Il se pose également comme défenseur de la cause de ces camés qu'on abandonne, qu'on suit de loin en attendant la première erreur : c'est ainsi que l'on aura droit à un passage d'une ironie savoureuse en début de film, séquence durant laquelle il exposera toutes les remarques que lui font son entourage sur son mode de vie et ses fréquentations, en affichant à la vue du spectateur la malhonnêteté intellectuelle d'un discours qui condamne une drogue en étant complètement accro à une autre (l'alcool, la cigarette, la nourriture, etc).


Si l'effet de style est amusant, il fait remonter en surface l'un des soucis d'écriture de Trainspotting : trop soucieux de prendre la pose et de présenter son intrigue de façon cool (envie qui se répercute aussi sur la manière d'héroïser ses personnages minables), il a tendance à trop dire sans le montrer suffisamment finement, à partir en frontal quand un tel exercice de style mérite de prime abord une discrétion de développement fouillée et habile.

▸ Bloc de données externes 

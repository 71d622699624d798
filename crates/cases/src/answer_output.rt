//! How answers are written, each in one line.

use std::alloc::AllocError;
use std::fmt::{Debug, Display};
use sudoers_grammar::{Address, Mask};
use sudoers_list_people::{GroupFileRow, PasswdAccount, People, PeopleFault, PeopleFile, WhoFault};
use sudoers_match::{Answer, AskFault, CommandOptions, CommandTags, HostGroupPlace, Request};
use sudoers_match_member::{Group, Interface, Person, Who};

/// Adds `value` as `{:?}` writes it.
pub fn push_debug_format(value: &impl Debug, answers: &mut String) -> Result<(), AllocError> {
    write!(answers, "{value:?}")
}

/// Adds `value` as `{}` writes it.
pub fn push_display_format(value: &impl Display, answers: &mut String) -> Result<(), AllocError> {
    write!(answers, "{value}")
}

/// Adds a text: each byte as it is from `␠` to `~`, but `\` and two hexadecimal digits for `\` and for all others.
pub fn push_escaped_text(text: &[u8], answers: &mut String) -> Result<(), AllocError> {
    for byte in text {
        if matches!(*byte, b' '..=b'~') && *byte != b'\\' {
            answers.push(char::from(*byte))?;
        } else {
            write!(answers, "\\{:02x}", *byte)?;
        }
    }
    Ok(())
}

/// Adds a name, and a number behind `:`.
fn push_name_and_number(name: &[u8], number: u32, answers: &mut String) -> Result<(), AllocError> {
    push_escaped_text(name, answers)?;
    write!(answers, ":{}", number)
}

/// Adds `users`, each as `NAME:UID:GID`, and `groups`, each as `NAME:GID:MEMBERS`.
pub fn push_users_and_groups(people: &People, answers: &mut String) -> Result<(), AllocError> {
    answers.push_str("users")?;
    push_user_accounts(people.accounts(), answers)?;
    answers.push_str(" groups")?;
    push_group_rows(people.groups(), answers)
}

fn push_user_accounts(accounts: &[PasswdAccount], answers: &mut String) -> Result<(), AllocError> {
    for account in accounts {
        answers.push(' ')?;
        push_name_and_number(account.name.as_slice(), account.uid, answers)?;
        write!(answers, ":{}", account.gid)?;
    }
    Ok(())
}

fn push_group_rows(rows: &[GroupFileRow], answers: &mut String) -> Result<(), AllocError> {
    for row in rows {
        answers.push(' ')?;
        push_name_and_number(row.name.as_slice(), row.gid, answers)?;
        answers.push(':')?;
        push_escaped_text(row.members.as_slice(), answers)?;
    }
    Ok(())
}

/// Adds a user `NAME:UID` and his groups `NAME:GID`.
fn push_user_and_groups(person: &Person, answers: &mut String) -> Result<(), AllocError> {
    push_name_and_number(person.name.as_slice(), person.uid, answers)?;
    for group in person.groups.as_slice() {
        answers.push(' ')?;
        push_group_name_and_id(group, answers)?;
    }
    Ok(())
}

fn push_group_name_and_id(group: &Group, answers: &mut String) -> Result<(), AllocError> {
    push_name_and_number(group.name.as_slice(), group.gid, answers)
}

/// Adds a user, and behind ` @ ` the short name of his host, its long name and its interfaces.
pub fn push_user_groups_host_and_interfaces(
    who: &Who,
    answers: &mut String,
) -> Result<(), AllocError> {
    push_user_and_groups(&who.user, answers)?;
    answers.push_str(" @ ")?;
    push_escaped_text(who.short_host.as_slice(), answers)?;
    answers.push(' ')?;
    push_escaped_text(who.long_host.as_slice(), answers)?;
    for interface in who.interfaces.as_slice() {
        answers.push(' ')?;
        push_address_and_mask(*interface, answers)?;
    }
    Ok(())
}

/// Adds an interface `ADDRESS/MASK`.
fn push_address_and_mask(interface: Interface, answers: &mut String) -> Result<(), AllocError> {
    push_address(interface.address, answers)?;
    answers.push('/')?;
    match interface.mask {
        Mask::Bits(bits) => push_display_format(&bits, answers),
        Mask::Dotted(address) => push_address(address, answers),
    }
}

fn push_address(address: Address, answers: &mut String) -> Result<(), AllocError> {
    let [a, b, c, d] = address.number.to_be_bytes();
    write!(answers, "{}.{}.{}.{}", a, b, c, d)
}

/// Adds a request: `as TARGET group GROUP at MOMENT runs [WORD] [WORD]`.
pub fn push_target_moment_and_command_of_request(
    request: &Request,
    answers: &mut String,
) -> Result<(), AllocError> {
    answers.push_str("as ")?;
    push_user_and_groups(&request.target, answers)?;
    if let Some(group) = &request.target_group {
        answers.push_str(" group ")?;
        push_group_name_and_id(group, answers)?;
    }
    write!(answers, " at {} runs", request.moment)?;
    push_bracketed_word(request.command.as_slice(), answers)?;
    for arg in request.args.as_slice() {
        push_bracketed_word(arg.as_slice(), answers)?;
    }
    Ok(())
}

fn push_bracketed_word(word: &[u8], answers: &mut String) -> Result<(), AllocError> {
    answers.push_str(" [")?;
    push_escaped_text(word, answers)?;
    answers.push(']')
}

/// Adds why people are not read: `TooLarge`, or `BadRow`, the file and the number of the row; an error if memory ran out.
pub fn push_people_fault(fault: PeopleFault, answers: &mut String) -> Result<(), AllocError> {
    match fault {
        PeopleFault::TooLarge => answers.push_str("TooLarge"),
        PeopleFault::BadRow { file, line } => {
            let file = match file {
                PeopleFile::Passwd => "passwd",
                PeopleFile::Group => "group",
            };
            write!(answers, "BadRow {file} {line}")
        }
        PeopleFault::NoMemory => Err(AllocError),
    }
}

/// Adds why words name nobody; an error if memory ran out.
pub fn push_who_fault(fault: WhoFault, answers: &mut String) -> Result<(), AllocError> {
    match fault {
        WhoFault::NoMemory => Err(AllocError),
        _ => push_debug_format(&fault, answers),
    }
}

/// Adds why a question has no answer; an error if memory ran out.
pub fn push_ask_fault(fault: AskFault, answers: &mut String) -> Result<(), AllocError> {
    match fault {
        AskFault::NoMemory => Err(AllocError),
        _ => push_debug_format(&fault, answers),
    }
}

/// Adds `places` as `SPEC.GROUP`, with a space between; `none` if there is none.
pub fn push_spec_and_host_group_numbers_of_places(
    places: &[HostGroupPlace],
    answers: &mut String,
) -> Result<(), AllocError> {
    if places.is_empty() {
        return answers.push_str("none");
    }
    for (index, place) in places.iter().enumerate() {
        if index > 0 {
            answers.push(' ')?;
        }
        write!(answers, "{}.{}", place.spec, place.host_group)?;
    }
    Ok(())
}

/// Returns the word for a command that may run, or that may not.
pub fn allow_or_deny_word_of(allow: bool) -> &'static str {
    if allow { "allow" } else { "deny" }
}

/// Adds the row that decides a request; `none` if no row fits, or why there is no answer; an error if memory ran out.
pub fn push_deciding_row_or_fault(
    answered: Result<Option<Answer<'_>>, AskFault>,
    answers: &mut String,
) -> Result<(), AllocError> {
    match answered {
        Ok(Some(answer)) => push_deciding_row(&answer, answers),
        Ok(None) => answers.push_str("none"),
        Err(fault) => push_ask_fault(fault, answers),
    }
}

/// Adds `allow` or `deny`, the place of the row, its tags and its options.
fn push_deciding_row(answer: &Answer<'_>, answers: &mut String) -> Result<(), AllocError> {
    write!(
        answers,
        "{} {}.{}.{}",
        allow_or_deny_word_of(answer.allow),
        answer.spec,
        answer.host_group,
        answer.command
    )?;
    push_set_tags(&answer.tags, answers)?;
    push_set_options(&answer.options, answers)
}

/// Adds each tag that is said, with a space before it.
fn push_set_tags(tags: &CommandTags, answers: &mut String) -> Result<(), AllocError> {
    push_tag_if_set(tags.exec, "EXEC", answers)?;
    push_tag_if_set(tags.follow, "FOLLOW", answers)?;
    push_tag_if_set(tags.intercept, "INTERCEPT", answers)?;
    push_tag_if_set(tags.log_input, "LOG_INPUT", answers)?;
    push_tag_if_set(tags.log_output, "LOG_OUTPUT", answers)?;
    push_tag_if_set(tags.mail, "MAIL", answers)?;
    push_tag_if_set(tags.passwd, "PASSWD", answers)?;
    push_tag_if_set(tags.setenv, "SETENV", answers)
}

/// Adds a tag if it is said, with a space before it, and `NO` if it is off.
fn push_tag_if_set(said: Option<bool>, name: &str, answers: &mut String) -> Result<(), AllocError> {
    match said {
        Some(true) => write!(answers, " {name}"),
        Some(false) => write!(answers, " NO{name}"),
        None => Ok(()),
    }
}

/// Adds each option that is set, with a space before it.
fn push_set_options(options: &CommandOptions<'_>, answers: &mut String) -> Result<(), AllocError> {
    push_option_if_set(options.role, "ROLE", answers)?;
    push_option_if_set(options.kind, "TYPE", answers)?;
    push_option_if_set(options.apparmor_profile, "APPARMOR_PROFILE", answers)?;
    push_option_if_set(options.privs, "PRIVS", answers)?;
    push_option_if_set(options.limitprivs, "LIMITPRIVS", answers)?;
    push_option_if_set(options.notbefore, "NOTBEFORE", answers)?;
    push_option_if_set(options.notafter, "NOTAFTER", answers)?;
    push_option_if_set(options.timeout, "TIMEOUT", answers)?;
    push_option_if_set(options.cwd, "CWD", answers)?;
    push_option_if_set(options.chroot, "CHROOT", answers)
}

/// Adds ` NAME=VALUE` if the option is set.
fn push_option_if_set(
    set: Option<&[u8]>,
    name: &str,
    answers: &mut String,
) -> Result<(), AllocError> {
    let Some(value) = set else {
        return Ok(());
    };
    write!(answers, " {name}=")?;
    push_escaped_text(value, answers)
}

Ne pas montrer si clairement les défauts de la société aurait rendu la critique encore plus incisive et véridique : disons qu'il aurait eu plus d'ampleur à affiner son propos plutôt qu'a le balancer comme une tarte en pleine figure, à l'image de Trenton qui termine sa course, en début de bobine, le dos contre un pare-brise. Il n'est pas impossible de trouver une corrélation entre cette écriture qui manque de discrétion et la mise en scène tape-à-l'oeil de Boyle, qui prévoyait déjà au milieu des années 90 les tics de mise en scène insupportables du début des années 2000.


Il est d'une certaine manière l'un des précurseurs de cette esthétique du clip à laquelle on aura droit quelques années plus tard, et a le mérite non négligeable d'être l'inspiration première du superbe Requiem for a Dream d'Arofonovsky. Paradoxalement, là où le clip dynamitait totalement les attendus du manifeste anti-drogues de 2000 et donnait une dynamique incroyable à la première heure de Trainspotting, on sent un certain essoufflement de la mise en scène à l'arrivée du monde underground de la techno, auquel s'ajoute l'évolution des moeurs, des plaisirs et des types de drogues ingérés.


Balancé non sans humour, ce passage d'un âge à un autre prévoyant déjà la transition entre un cinéma plus classique et un autre moderniste, aux codes différents, plus excessif visuellement marque une étape particulière dans l'esthétique du film : c'est alors que l'oeuvre, encore plus excessive qu'au départ, donnera justice au charisme de ses acteurs par une iconisation venant cruellement jurer avec leurs personnalités pathétiques, menteuses, indignes.


Là où McGregor n'est au final qu'un gosse perdu qui tombe amoureux du symbole féminin qu'il n'a pas pu connaître au collège plus jeune, là où il suit une cure de désintox (prétexte à la déformation des angles de caméra, à l'extension généreuse des cadres ainsi qu'à la distorsion des couleurs), Boyle le représente comme une victime de sa propre vie qui attend toujours le bon moment pour prendre les reines; d'une figure fragile, faiblarde on passe à un opportuniste malin qui sait quand se battre et quand se taire, où aimer et où se planquer pour échapper à la loi.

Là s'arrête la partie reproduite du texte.